[Entries taken from a collection]
BEGIN
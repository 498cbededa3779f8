// The checks of an element with a path: a RANN, a RREQ or a RREP.
ghost use Rattle.std.specs.Prelude.{◌≡◌, ◌≤◌, ltb, Some};
ghost use Rattle.layout.specs.Row.{max_clock};
ghost use Rattle.rules.specs.Learn.{metric_here, Extends, max_metric};
ghost use Rattle.rules.specs.Receive.{field_checks};
ghost use Rattle.calls.specs.Answers.{answer_to};
ghost use Rattle.learn.specs.Learnt.{learnt_if};
ghost use Rattle.receive.specs.Checks.{path_checks, path_state_checks};
ghost use Rattle.layout.specs.Layout.{Sized};

use crate::faults::Faults;
use calls::clocked;
use element::PathInfo;
use refusals::Refusal;
use rules::Arrival;

// Reports whether received metric + link metric is above 4,294,967,294.
fn is_too_far(a: Arrival, p: PathInfo) -> bool
    ensures { result ≡ ltb max_metric (metric_here a p).0 }
{
    4294967294 < p.metric.0 as u64 + a.link.0 as u64
}

// Checks the element alone: refusals 9 to 14.
fn check_fields(a: Arrival, p: PathInfo, faults: Faults) -> Result<(), Refusal>
    ensures { result ≡ answer_to (field_checks faults.address faults.list faults.ttl a (Some p)) }
{
    if faults.address {
        return Err(Refusal::BadAddress);
    }
    if faults.list {
        return Err(Refusal::BadList);
    }
    if p.lifetime == 0 {
        return Err(Refusal::NoLifetime);
    }
    if p.hops.0 == 255 {
        return Err(Refusal::TooManyHops);
    }
    if is_too_far(a, p) {
        return Err(Refusal::MetricTooLarge);
    }
    if faults.ttl {
        return Err(Refusal::LowTtl);
    }
    Ok(())
}

// Checks the state, refusals 21 to 25 and 27, and does steps 1 and 2 if none applies. Because the point learns in here, the
// place of the subject's row need not be handed back.
fn learn(table: &mut [u8], a: Arrival, p: PathInfo) -> Result<(), Refusal>
    requires sized { Sized table.old }
    requires clock_le_max_clock { a.clock ≤ max_clock }
    requires extends { Extends a p }
    ensures value { result ≡ answer_to (path_state_checks table.old a p) }
    ensures table_after { table.new ≡ learnt_if result a p table.old }
{
    clocked::check_state(table, a.clock, a.transmitter)?;
    learn::learn_by_rows(table, a, p)
}

// Refuses the element, or does steps 1 and 2. `faults` are those of the element that has the path p.
pub fn check_and_learn(
    table: &mut [u8],
    a: Arrival,
    p: PathInfo,
    faults: Faults,
) -> Result<(), Refusal>
    requires sized { Sized table.old }
    requires clock_le_max_clock { a.clock ≤ max_clock }
    ensures value { result ≡ answer_to (path_checks table.old a p faults) }
    ensures table_after { table.new ≡ learnt_if result a p table.old }
{
    check_fields(a, p, faults)?;
    learn(table, a, p)
}
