// Refusals 9, 10 and 14 for an element with a path. Their tests depend on the type of the element.
ghost use Rattle.std.specs.Prelude.{◌≡◌, ◌&&◌, []};
ghost use Rattle.element.specs.Element.{rann, rrep, rreq};
ghost use Rattle.element.specs.Entries.{targets_in};
ghost use Rattle.element.specs.Lists.{addresses_in};
ghost use Rattle.element.specs.declared.list.ListKind.{ListKind};
ghost use Rattle.element.specs.Flags.{unicast};
ghost use Rattle.rules.specs.Lists.{any};
ghost use Rattle.rules.specs.Receive.{has_bad_address, has_bad_list, is_mismarked, several_or_all};
ghost use Rattle.receive.specs.Checks.{faults_of};

use element::list::ListKind;
use element::{PathInfo, RrepFields, RreqFields, Target, flags, list};
use layout::address::Address;

// Holds whether the element is at fault in its addresses (9), in its list or in how its addresses go together (10), and in its
// TTL (14).
#[derive(Clone, Copy)]
pub struct Faults {
    pub address: bool,
    pub list: bool,
    pub ttl: bool,
}

pub fn of_rann(p: PathInfo) -> Faults
    ensures { result ≡ faults_of (rann p) }
{
    Faults {
        address: !p.subject.is_individual(),
        list: false,
        ttl: false,
    }
}

// Reports whether the originator or a destination is not individual. A destination may also be all ones.
fn rreq_has_bad_address(f: RreqFields, part: &[u8]) -> bool
    ensures { result ≡ has_bad_address (rreq f (targets_in part.now)) }
{
    !f.path.subject.is_individual() | list::has_forbidden(part, ListKind::Targets)
}

// Reports whether there are several destinations or all ones.
fn is_several_or_all(part: &[u8]) -> bool
    ensures { result ≡ several_or_all (addresses_in ListKind.Targets part.now) }
{
    (1 < list::entries_in(part, ListKind::Targets))
        | list::contains(part, ListKind::Targets, Address(list::ALL_ONES))
}

// Reports whether the RREQ is unicast with several destinations or all ones. Most RREQs are not unicast, and this function
// does not search their lists.
fn is_unicast_to_several(p: PathInfo, part: &[u8]) -> bool
    ensures { result ≡ (unicast p && several_or_all (addresses_in ListKind.Targets part.now)) }
{
    if !flags::is_unicast(p) {
        return false;
    }
    is_several_or_all(part)
}

// Reports whether the number of a destination is marked unknown although it is not 0.
fn is_mismarked(q: Target) -> bool
    ensures { result ≡ is_mismarked q }
{
    flags::is_number_unknown(q) & (q.number.0 != 0)
}

// The loop is written as that of `list::has_forbidden`, which has the reason.
fn has_mismarked(part: &[u8]) -> bool
    ensures { result ≡ any is_mismarked (targets_in part.now) }
{
    let n = part.len() / list::TARGET;
    for i in 0..n {
        if is_mismarked(list::target_at(part, i)) {
            return true;
        }
    }
    false
}

// Reports whether the list has a fault: a destination stands twice; all ones and anything else; the originator among the
// destinations; several destinations or all ones in a unicast RREQ; a number other than 0 that is marked unknown.
fn rreq_has_bad_list(f: RreqFields, part: &[u8]) -> bool
    ensures { result ≡ has_bad_list (rreq f (targets_in part.now)) }
{
    if list::has_duplicate(part, ListKind::Targets) {
        return true;
    }
    if list::has_ones_beside_others(part, ListKind::Targets) {
        return true;
    }
    if list::contains(part, ListKind::Targets, f.path.subject) {
        return true;
    }
    if is_unicast_to_several(f.path, part) {
        return true;
    }
    has_mismarked(part)
}

pub fn of_rreq(f: RreqFields, part: &[u8]) -> Faults
    ensures { result ≡ faults_of (rreq f (targets_in part.now)) }
{
    Faults {
        address: rreq_has_bad_address(f, part),
        list: rreq_has_bad_list(f, part),
        ttl: false,
    }
}

// Does not judge the dependents.
pub fn of_rrep(f: RrepFields) -> Faults
    ensures { result ≡ faults_of (rrep f []) }
{
    let subject = f.path.subject;
    let source = f.source.address;
    Faults {
        address: !subject.is_individual() | !source.is_individual(),
        list: subject == source,
        ttl: f.path.ttl < 2,
    }
}
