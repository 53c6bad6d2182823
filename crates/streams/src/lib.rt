// What a program is given and what it says of a failure: its words, the path that a word is, standard input read to the end of a room,
// and the line on what the system refused. All of it goes by lent room.
#![tactic(auto)]

ghost use Rattle.std.specs.Prelude.{◌≡◌, ◌≤◌, length, IfSome, MatchResult};
ghost use Rattle.std.specs.Str.{IsUtf8};
ghost use Rattle.io.specs.Counts.{IsPrefixLen};
ghost use Rattle.streams.specs.Failures.{Tells};

use std::env::FillError;
use std::io::{Cursor, Error, Print, Read, Stderr, Write};
use std::rt::Env;
use text::{put_all, put_byte};

// Puts the program's i-th word at the start of buf, and answers how long it is: 0 where it is longer than buf, and none where there is
// no such word. Word 0 is the program's own name.
pub fn word(rt: &impl Env, i: usize, buf: &mut [u8]) -> Option<usize>
    ensures { IfSome result (λ n. IsPrefixLen n buf.new) }
{
    match rt.arg(i, buf) {
        Ok(n) => Some(n),
        Err(FillError::TooLong) => Some(0),
        Err(FillError::NotPresent) => None,
    }
}

// Reads once into buf: how many bytes came, 0 at the end and where the read fails.
fn read_some<R: Read>(from: &mut R, buf: &mut [u8]) -> usize
    ensures { result ≤ length buf.new }
{
    from.read(buf).unwrap_or(0)
}

// Reads until buf is full, the input ends or a read fails: how many bytes came. The loop counts them by hand: it goes
// through no list of items, read_exact doesn't say how many came before the end, and read_to_end needs a heap.
pub fn read_full<R: Read>(from: &mut R, buf: &mut [u8]) -> usize
    ensures { IsPrefixLen result buf.new }
{
    let mut done = 0;
    while done < buf.len() {
        let n = read_some(from, &mut buf[done..]);
        if n == 0 {
            break;
        }
        done += n;
    }
    done
}

// How much of an error's text is what the system says of it: what stands before the number.
fn said(text: &[u8]) -> usize
    ensures { IsPrefixLen result text.now }
{
    let number = b" (os error ";
    text.windows(number.len())
        .position(|w| w.starts_with(number))
        .unwrap_or(text.len())
}

// Puts the line on a failure: what failed, a colon and what the system says of it.
pub fn put_failure(out: &mut [u8], at: usize, what: &[u8], error: &Error) -> usize
    ensures { Tells what.now out.old at out.new result }
{
    let mut text = Cursor::new([0u8; 320]);
    let _ = write!(text, "{error}");
    let n = text.position() as usize;
    let bytes = text.into_inner();
    let k = if n <= 320 { said(&bytes[..n]) } else { 0 };
    let p = put_all(out, at, what);
    let q = put_all(out, p, b": ");
    let r = put_all(out, q, &bytes[..k]);
    put_byte(out, r, b'\n')
}

// Writes the line on a failure to standard error: there is room for a name of 4,096 bytes and what the system says of it. Where even
// that fails, nothing more is said.
pub fn fail(to: Stderr, what: &[u8], error: &Error) {
    let mut out = [0u8; 4480];
    let n = put_failure(&mut out, 0, what, error);
    let _ = to.write_all(&out[..n]);
}

// The system's number for a name that is no text.
const NO_TEXT: i32 = 84;

// The path that a name is, and the system's error where the name is no text.
pub fn path_of(name: &[u8]) -> Result<&str, Error>
    ensures { MatchResult result (λ path. path.now ≡ name.now) (λ _. ¬ (IsUtf8 name.now)) }
{
    match str::from_utf8(name) {
        Ok(path) => Ok(path),
        Err(_) => Err(Error::from_raw_os_error(NO_TEXT)),
    }
}
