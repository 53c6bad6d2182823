// Compares two recordings of one take: docs/RULES.md, "L14. Two recordings of one take".
//
//     takediff MAIN BACKUP
//
// Both files are fed to ARRI's frame walk in pieces of at most 65,536 bytes, and a frame's element, of at most 8,192, is read for its
// values. Standard output has the lines of each difference. What goes wrong is said on standard error, and ends the program.
#![tactic(auto)]

ghost use Rattle.std.specs.Prelude.{◌≡◌, ◌≤◌, length, take};
ghost use Rattle.io.specs.Counts.{IsPrefixLen};
ghost use Rattle.takes_text.specs.Lines.{difference_lines};

use std::fs::File;
use std::io::{Print, Seek, SeekFrom};
use std::rt::{Env, Files, HostRuntime};
use streams::{fail, path_of, word};
use takes::{Difference, Stop, Takes};
use tapes::Tape;

// Whether the program was given an i-th word.
fn given(rt: &HostRuntime, i: usize) -> bool {
    let mut first = [0u8; 1];
    word(rt, i, &mut first).is_some()
}

// Opens the file of a name for reading.
fn open(rt: &HostRuntime, name: &[u8]) -> std::io::Result<File> {
    match path_of(name) {
        Ok(path) => File::open(rt, path),
        Err(e) => Err(e),
    }
}

// The place of a file's end.
fn end_of(file: &File) -> std::io::Result<u64> {
    let mut f = file;
    f.seek(SeekFrom::End(0))
}

// The file that a word names, none where it can't be opened.
fn opened(rt: &HostRuntime, i: usize) -> Tape {
    let mut name = io::buffer();
    let k = word(rt, i, &mut name).unwrap_or(0);
    let file = match open(rt, &name[..k]) {
        Ok(file) => file,
        Err(e) => {
            fail(rt.stderr(), &name[..k], &e);
            return tapes::unread(None, 0);
        }
    };
    match end_of(&file) {
        Ok(end) => tapes::unread(Some(file), end as usize),
        Err(e) => {
            fail(rt.stderr(), &name[..k], &e);
            tapes::unread(None, 0)
        }
    }
}

// Puts the whole of a difference's lines at the start of out.
fn put_whole(out: &mut [u8], d: Difference) -> usize
    requires { 4096 ≤ length out.old }
    ensures out_after { take result out.new ≡ difference_lines d }
    ensures prefix_len { IsPrefixLen result out.new }
{
    takes_text::put_difference(out, 0, d)
}

// Writes a difference's lines: whether they could be.
fn show(rt: &HostRuntime, d: Difference) -> bool {
    let mut out = io::buffer();
    let n = put_whole(&mut out, d);
    match rt.write_all(&out[..n]) {
        Ok(()) => true,
        Err(e) => {
            fail(rt.stderr(), b"standard output", &e);
            false
        }
    }
}

// Shows what differs at a number, and answers where both files go on: none where they don't.
fn meet(rt: &HostRuntime, t: Takes, x: Option<Stop>, y: Option<Stop>) -> Option<Takes> {
    match takes::meet(t, x, y)? {
        (None, u) => Some(u),
        (Some(d), u) => show(rt, d).then_some(u),
    }
}

// Both files as they are compared.
#[derive(Drop)]
struct Pair {
    main: Tape,
    backup: Tape,
    takes: Takes,
}

// Compares the next number: none where the files end, or one of them failed.
fn number(
    rt: &HostRuntime,
    p: Pair,
    main: &mut [u8; 65536],
    backup: &mut [u8; 65536],
) -> Option<Pair> {
    let x = tapes::next(rt.stderr(), p.main, main);
    let y = tapes::next(rt.stderr(), p.backup, backup);
    let takes = meet(rt, p.takes, x.side.ok()?, y.side.ok()?)?;
    Some(Pair {
        main: x.tape,
        backup: y.tape,
        takes,
    })
}

// Compares two files, number by number.
fn compare(rt: &HostRuntime, first: Pair, main: &mut [u8; 65536], backup: &mut [u8; 65536]) {
    let mut p = first;
    for _ in 0..u64::MAX {
        let Some(next) = number(rt, p, main, backup) else {
            return;
        };
        p = next;
    }
}

fn main(rt: HostRuntime) {
    if !given(&rt, 2) | given(&rt, 3) {
        let _ = rt.stderr().write_all(b"takediff MAIN BACKUP\n");
        return;
    }
    let a = opened(&rt, 1);
    let b = opened(&rt, 2);
    if a.file.is_none() | b.file.is_none() {
        return;
    }
    let first = Pair {
        main: a,
        backup: b,
        takes: Takes {
            main: 0,
            backup: 0,
            number: 0,
        },
    };
    let mut main = io::large_buffer();
    let mut backup = io::large_buffer();
    compare(&rt, first, &mut main, &mut backup);
}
END
→ What the exercise asks
Up to and including the line with "return Err(Refusal::BadAddress);", repeat the data exactly, starting from its first line; nothing else belongs in the response.

→ Answer section
repository 498cbededa3779f8
// The checks of an element with a path: a RANN, a RREQ or a RREP.
ghost use Rattle.std.specs.Prelude.{◌≡◌, ◌≤◌, ltb, Some};
ghost use Rattle.layout.specs.Row.{max_clock};
ghost use Rattle.rules.specs.Learn.{metric_here, Extends, max_metric};
ghost use Rattle.rules.specs.Receive.{field_checks};
ghost use Rattle.calls.specs.Answers.{answer_to};
ghost use Rattle.learn.specs.Learnt.{learnt_if};
ghost use Rattle.receive.specs.Checks.{path_checks, path_state_checks};
ghost use Rattle.layout.specs.Layout.{Sized};

use crate::faults::Faults;
use calls::clocked;
use element::PathInfo;
use refusals::Refusal;
use rules::Arrival;

// Reports whether received metric + link metric is above 4,294,967,294.
fn is_too_far(a: Arrival, p: PathInfo) -> bool
    ensures { result ≡ ltb max_metric (metric_here a p).0 }
{
    4294967294 < p.metric.0 as u64 + a.link.0 as u64
}

// Checks the element alone: refusals 9 to 14.
fn check_fields(a: Arrival, p: PathInfo, faults: Faults) -> Result<(), Refusal>
    ensures { result ≡ answer_to (field_checks faults.address faults.list faults.ttl a (Some p)) }
{
    if faults.address {
        return Err(Refusal::BadAddress);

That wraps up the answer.